Microsoft Active Directory Certificate Services PKI

Setup of the ADCS Connector

To set up a Microsoft Active Directory Certificate Services Connector (EverTrust ADCS Connector), you will need to have a machine running on Windows Server 2016+ with .NET 4.5.2 or later installed.

The connector can be installed on the ADCS server itself or on another machine in the same domain. For the latter, you will need to copy the C:\Windows\System32\certadm.dll file from the ADCS server to that server at the same place and call regsvr32 C:\Windows\System32\certadm.dll from an elevated command prompt.

If all the pre-requisites are met then follow these steps:

1. Download the MSI installer from the EverTrust Repo (in the horizon-win folder) on the machine you wish to install it onto;

2. Start the setup and follow the installation wizard;

3. Once completed, enroll a TLS Web Server certificate with a SAN DNS that will have the DNS name you are going to use for this ADCS machine and import it in the certificate store of the ADCS machine;

4. Retrieve the hash of that certificate through certlm.msc. Be careful as some special characters may be copied alongside with the hash, so ensure that you get rid of them should they be present;

5. Edit the C:\Program Files\EverTrust\ADCSConnector\EverTrustADCSConnector.exe.config file and paste the previously copied hash to be the value of the "CertHash" line, then save the file;

6. Ensure that the port 4443 is opened in the firewall of this machine and that the machine can indeed be reached from the Horizon machine;

7. Using services.msc, start the "EverTrust ADCS Connector" service. To see whether the service started successfully, start Internet Explorer and go to https://localhost:4443/api/certificate. This should download a json file that says "OK" if everything is good;

8. Create a new certificate template on the ADCS (or use an existing one) that the connector will use to enroll the certificates;

9. Create a technical account and give it the right to enroll on the previously created template. This technical user also needs to be able to log-in on the machine where the connector is installed;

10. Create an enrollment agent certificate and export it as PKCS#12. This certificate will be the one used to sign the CMC messages from Horizon.

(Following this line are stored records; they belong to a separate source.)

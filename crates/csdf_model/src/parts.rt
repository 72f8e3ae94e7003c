//! What a graph is made of: actors with their kernels, and channels.

use crate::limits::MAX_WEIGHTS;
use std::alloc::AllocError;

/// What an actor does with its tokens.
#[derive(Clone, Copy, Debug, PartialEq, Eq)]
pub enum Kernel {
    /// Gives the tokens of a file, in order.
    Source,
    /// Takes tokens and gives none.
    Sink,
    /// Gives each output the tokens read, over and over.
    Copy,
    /// Gives the sum of the tokens read.
    Sum,
    /// A finite impulse response filter. The first `taps` weights count, and the rest are 0; each
    /// sum of products is divided by two to the power of `shift`.
    Fir {
        weights: [i32; MAX_WEIGHTS],
        taps: u32,
        shift: u32,
    },
}

impl Kernel {
    ghost use Rattle.std.specs.Prelude.{◌≡◌};
    ghost use Rattle.csdf_model.specs.Kernels.{is_source_kernel, is_sink_kernel};

    /// Whether an actor with this kernel is a source.
    #[inline(always)]
    pub fn is_source(&self) -> bool
        ensures { result ≡ is_source_kernel self.now }
    {
        matches!(self, Kernel::Source)
    }

    /// Whether an actor with this kernel is a sink.
    #[inline(always)]
    pub fn is_sink(&self) -> bool
        ensures { result ≡ is_sink_kernel self.now }
    {
        matches!(self, Kernel::Sink)
    }
}

/// An actor: its firing number `k`, counted from 0, is in phase `k` modulo `phases`.
#[derive(Debug, Drop)]
pub struct Actor {
    pub name: String,
    pub kernel: Kernel,
    pub phases: u32,
}

/// A first-in first-out queue from one actor to another (Bilsen et al. 1996).
#[derive(Debug, Drop)]
pub struct Channel {
    pub name: String,
    /// The number of the producer.
    pub from: u32,
    /// The number of the consumer.
    pub to: u32,
    /// How many tokens a firing of the producer puts in, one rate for each of its phases.
    pub produce: Vec<u32>,
    /// How many tokens a firing of the consumer takes out, one rate for each of its phases.
    pub consume: Vec<u32>,
    /// The tokens that the channel begins with, the oldest first.
    pub initial: Vec<i32>,
    /// The most tokens that it may hold, where the file gives a number.
    pub capacity: Option<u32>,
}

impl Clone for Actor {
    ghost use Rattle.std.specs.Prelude.{◌≡◌};
    ghost use Rattle.csdf_model.specs.Graph.{actor_view};

    ghost is_clone = { λ old new. actor_view new ≡ actor_view old };

    fn clone(&self) -> Result<Actor, AllocError> {
        Ok(Actor {
            name: self.name.clone()?,
            kernel: self.kernel,
            phases: self.phases,
        })
    }
}

impl Clone for Channel {
    ghost use Rattle.std.specs.Prelude.{◌≡◌};
    ghost use Rattle.csdf_model.specs.Graph.{channel_view};

    ghost is_clone = { λ old new. channel_view new ≡ channel_view old };

    fn clone(&self) -> Result<Channel, AllocError> {
        Ok(Channel {
            name: self.name.clone()?,
            from: self.from,
            to: self.to,
            produce: self.produce.clone()?,
            consume: self.consume.clone()?,
            initial: self.initial.clone()?,
            capacity: self.capacity,
        })
    }
}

Now that the configuration on ADCS-side is over, we can tackle the configuration on Horizon side.

Creating the ADCS PKI Connector in Horizon

The previous steps are considered as pre-requisites to continue the setup. If you haven’t yet configured the ADCS Connector on the ADCS side, please refer to the Setup of the ADCS Connector. The rest of this section assumes that the EverTrust ADCS Connector is installed and correctly set-up on the ADCS side.

Limitations

All limitations induced by the use of ADCS.

Create the PKI connector

1. Log in to Horizon Administration Interface.

2. Access PKI from the drawer or card: PKI PKI Connectors.

3. Click on Add icon .

4. Select the correct PKI type.

5. Click on the next button

General tab

6. Fill in the common mandatory fields:

Connector Name* (string input):
Choose a meaningful connector name allowing to identify the mapping between the PKI and the Certificate Profile. It must be unique and must not contain spaces.
Proxy (string select):
If the PKI is not directly reachable from Horizon, you can set up an HTTP/HTTPS proxy to properly forward the traffic.
PKI Queue (string select):
The PKI Queue used to manage the PKI Requests (enrollment, revocation).
Timeout (finite duration):
Represents a predefined interval of time without a PKI response, when the time has passed "Horizon" will cease trying to establish the communication. Must be a valid finite duration.

7. Click on the next button

Details tab

8. Fill in all mandatory fields:

Endpoint* (string input):
URL to access the machine where the ADCS connector is running on port 4443.
Active Directory Domain Netbios Name* (string input):
The NETBIOS name of the Active Directory domain where to find the technical user and the ADCS server.
Profile* (string input):
The technical name of the template that you created at step 8 of the Setup of the ADCS Connector section. Example: WebServer
CA Config* (string input):
The CaConfig string, as given out by certutil -getconfig for the considered ADCS CA. It’s usually in the form <ADCS Hostname>\<CA CommonName>

9. Click on the next button.

Authentication tab

10. Fill in the ADCS authentication fields:

Enrollment agent certificate* (select):
Select Certificate credentials containing the PKCS#12 enrollment agent certificate that was exported at step 10 of the Setup of the ADCS Connector section.
MS ADCS user account* (select):
Select Login credentials containing the username and password of the technical account created at step 9 of the Setup of the ADCS Connector section.

Specify only the username of the technical account on the ADCS machine, without the Netbios domain name.
For example, in PKI\Technical do not include the PKI\ part.

11. Click on the save button.

You can edit Edit PKI , duplicate Duplicate PKI or delete Delete PKI the Microsoft Active Directory Certificate Services PKI connector.